Possible books to consider reviewing:
- D’Ambriosio, Ubiratan. 2001. Ethnomathematics: Link between traditiona and modernity. Rotterdam: Sense Publishers.
- Gellert, Uwe, and Jablonks, Eva (eds). 2007. Mathematisation and demathematisation: Social, philosophical, and educational ramifications. Rotterdam: Sense Publishers.
- Gutstein, Eric. 2006. Reading and writing the world with mathematics: Toward a pedagogy for social justice. NY: Routledge.
- Nolan, Kathleen. 2007. How should I Know? Preservice Teachers’ Images of Knowing (by Heart) in Mathematics and Science. Rotterdam: Sense Publishers.
- Skovsmose, Ole. 2005. Travelling through education; Uncertainty, mathematics, responsibility. Rotterdam: Sense Publishers.
- Walshaw, Margaret (ed). 2004. Mathematics education within the postmodern. Charlotte, NC: Information Age Publishing.
Mitch's Corner
Mitch's Corner is a regular feature of the Arcadia Mathematics Education
Newsletter, sharing samples of resources from Mitch Bernstein, a high school
math teacher in Philadelphia for 31 years. Mitch taught both traditional
math and the reform Interactive Mathematics Program. He is now
retired. He is a co-author of Algebra 1: An Integrated Approach.

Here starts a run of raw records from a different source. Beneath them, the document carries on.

//! The promises, in order.
//!
//! Five words carry them all. `DurableState` is what a board keeps without power, and `after` is what a command
//! makes of it (board_model). `StandsFor c size s`: these bytes, as the content of a disk, are the state s, with
//! the memory of its image (store). Of the facts of a disk, `may_leave` has each content that may be there where
//! power fails now, and `since` each that might have been there where it failed at a moment since (disk).
//! A law runs nothing, and tells the prover a fact: `content_determines_state`.
ghost use Rattle.std.specs.Prelude.{◌+◌, ◌++◌, ◌<◌, ◌≤◌, ◌≡◌, ◌⊎◌, ◌↔◌, ℕ, Some, None, IfOk, MatchOption, MatchResult, length, map, take};
ghost use Rattle.board_model.specs.Durable.{DurableState, Image, Change, Consume, after};
ghost use Rattle.board_model.specs.Shapes.{Size};
ghost use Rattle.board_model.specs.Views.{change_of};
ghost use Rattle.board_model.specs.declared.boot_mode.BootMode.{BootMode};
ghost use Rattle.board_model.specs.declared.refusal.Refusal.{Refusal};
ghost use Rattle.disk.specs.Facts.{Content};
ghost use Rattle.store.specs.Asked.{Asked};
ghost use Rattle.store.specs.Leaves.{IsIdle, Leaves, LeavesOnly};
ghost use Rattle.store.specs.Lives.{Applied};
ghost use Rattle.store.specs.Standing.{StandsFor};
ghost use Rattle.store.specs.Views.{disk_of, size_of_store, found_state, now_state, doubt_of, journal_of};
ghost use Rattle.board.specs.Views.{store_of, machine_of};
ghost use Rattle.machine.specs.Machine.{woken};
ghost use Rattle.theorem.specs.Prefixes.{IsAfterFirst, in_doubt};

use board::{Board, BoardParts, Payloads, Unpowered};
use board_model::{BootMode, Command, Refusal};
use disk::Disk;
use ram::Ram;
use simdisk::{Fill, SimDisk};
use std::alloc::Global;
use store::{Receipt, Store, content_determines_state};
use susp::Bus;

/// Issues a command.
fn issue<D: Disk + Drop>(store: &mut Store<D>, command: &Command) -> Result<Receipt, Refusal>
    ensures { Asked Applied store.old (change_of command.now) result store.new }
{
    store.apply(*command)
}

/// *After a prefix of the commands that holds every acknowledged one.* Of a row of commands of one life, up to the
/// first that is not acknowledged: a crash at any moment of it leaves what could have been left at its start, or
/// what some first of the commands make of the state before it, and so for each moment from which one looks on; a
/// crash at its end leaves what the acknowledged ones make, and where the row ended with a 6 that, or what these and the next
/// one make: a command that was refused by another number is not kept. Answers how many were acknowledged: the journal of the
/// life grew by just these; and the refusal at which the row ended, which is 6 just where a command is in doubt.
pub fn commands_in_a_row<D: Disk + Drop>(
    store: &mut Store<D>,
    commands: &[Command],
) -> (usize, Option<Refusal>)
    requires up { doubt_of store.old ≡ None }
    ensures wherever_power_fails { (t : ℕ) (c : Content) → t ≤ (disk_of store.old).moment
        → (disk_of store.new).since t c → (disk_of store.old).since t c
        ⊎ IsAfterFirst (size_of_store store.old) (now_state store.old) commands.now 0 (result.0 + 1) c }
    ensures holds_every_acknowledged_one { (c : Content) → (disk_of store.new).may_leave c
        → IsAfterFirst (size_of_store store.old) (now_state store.old) commands.now result.0
        (result.0 + in_doubt result.1) c }
    ensures acknowledged { journal_of store.new ≡ journal_of store.old ++ map change_of (take result.0 commands.now) }
    ensures ended { MatchOption result.1 (result.0 ≡ length commands.now) (λ e. result.0 < length commands.now) }
    ensures doubtful { (result.1 ≡ Some Refusal.Down) ↔ ((c : Change) × (doubt_of store.new ≡ Some c)) }
{
    store.stands();
    let mut acknowledged = 0;
    for command in commands {
        match issue(store, command) {
            Ok(_) => acknowledged += 1,
            Err(refusal) => return (acknowledged, Some(refusal)),
        }
    }
    (acknowledged, None)
}

/// *A cold boot finds.* An open that answers Ok finds the state that the bytes of the disk stand for, and one that
/// a crash just before it could have left; and from then on a crash leaves no other.
pub fn a_cold_boot_finds_what_stands<D: Disk + Drop>(
    alloc: Global,
    disk: D,
) -> Result<Store<D>, (D, Refusal)>
    requires { IsIdle (D.facts disk) }
    ensures finds { (size : Size) (s : DurableState) → StandsFor (D.facts disk).content size s
        → IfOk result (λ store. (size_of_store store ≡ size) × (found_state store ≡ s)) }
    ensures left { IfOk result (λ store. Leaves (D.facts disk) (size_of_store store) (found_state store)) }
    ensures settled { IfOk result (λ store. LeavesOnly (disk_of store) (size_of_store store) (found_state store)) }
{
    content_determines_state();
    Store::open(alloc, disk)
}

/// *Its suspension's memory byte for byte, with every hart stopped but one, which is resumed at its address with
/// its number and opaque value.* A board that is powered on to resume, and is on, goes on with the image of the
/// state that its open found: it is `woken` from it, and only once the image is consumed: from then on no crash
/// leaves it.
pub fn a_board_is_resumed<D: Disk + Drop>(
    alloc: Global,
    disk: D,
    payloads: &Payloads,
) -> Result<Board<D>, Unpowered<D>>
    requires { IsIdle (D.facts disk) }
    ensures resumed { IfOk result (λ board. (i : Image) × ((found_state (store_of board)).image ≡ Some i)
        × (machine_of board ≡ woken i (size_of_store (store_of board)))) }
    ensures found { IfOk result (λ board. Leaves (D.facts disk) (size_of_store (store_of board))
        (found_state (store_of board))) }
    ensures consumed { IfOk result (λ board. LeavesOnly (disk_of (store_of board)) (size_of_store (store_of board))
        (after (found_state (store_of board)) Consume)) }
{
    Board::power_on(alloc, disk, BootMode::Resume, payloads)
}

/// *An image whose consumption was acknowledged is never resumed again.* The two as one run of a disk in memory,
/// whatever fault it is armed with: a board is resumed from an image that a crash could have left, power fails, and no next
/// power-on resumes a board: no image stands (8), or the disk failed, or memory was refused. Answers the memory that was
/// resumed, byte for byte the image's, and what came of that power-on.
pub fn never_resumed_again(
    alloc: Global,
    disk: SimDisk,
    payloads: &Payloads,
    fill: Fill,
) -> Result<(Ram, Result<Board<SimDisk>, Unpowered<SimDisk>>), Unpowered<SimDisk>>
    requires { IsIdle (⟦<SimDisk as Disk>⟧.facts disk) }
    ensures { IfOk result (λ run. (size : Size) × (s : DurableState) × (i : Image)
        × Leaves (⟦<SimDisk as Disk>⟧.facts disk) size s × (s.image ≡ Some i) × (run.0 ≡ i.memory)
        × MatchResult run.1 (λ board. ⊥) (λ e. (e.refusal ≡ Refusal.NoImage) ⊎ (e.refusal ≡ Refusal.Device)
        ⊎ (e.refusal ≡ Refusal.Memory))) }
{
    content_determines_state();
    let first = Board::power_on(alloc, disk, BootMode::Resume, payloads)?;
    let BoardParts {
        harts: _,
        seats: _,
        tables: _,
        bus,
        store,
    } = first.into_parts();
    let Bus { ram, doze: _ } = bus;
    let left = store.into_disk().after_cut(fill);
    let again = Board::power_on(alloc, left, BootMode::Resume, payloads);
    Ok((ram, again))
}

Here is one of Mitch’s famous Problems of the Week:
The chart below illustrates how sales for an item has decreased as price of the article increased.
| Price | Number Sold | Income (Price)*(Number Sold) |
| $1 | 85,000 | $85,000 |
| $2 | 80,000 | $160,000 |
| $3 | 75,000 | $225,000 |
If the pattern shown continues,
1. What price should be charged in order to produce the greatest income?
2. What is the greatest income possible for this product?
Explain your answer. Solution.
Mitch’s collected resources are bound and available in the Landman
Library Curriculum Materials collection. You may also pick up a free CD
of the same resources from Peter Appelbaum in Taylor 312A.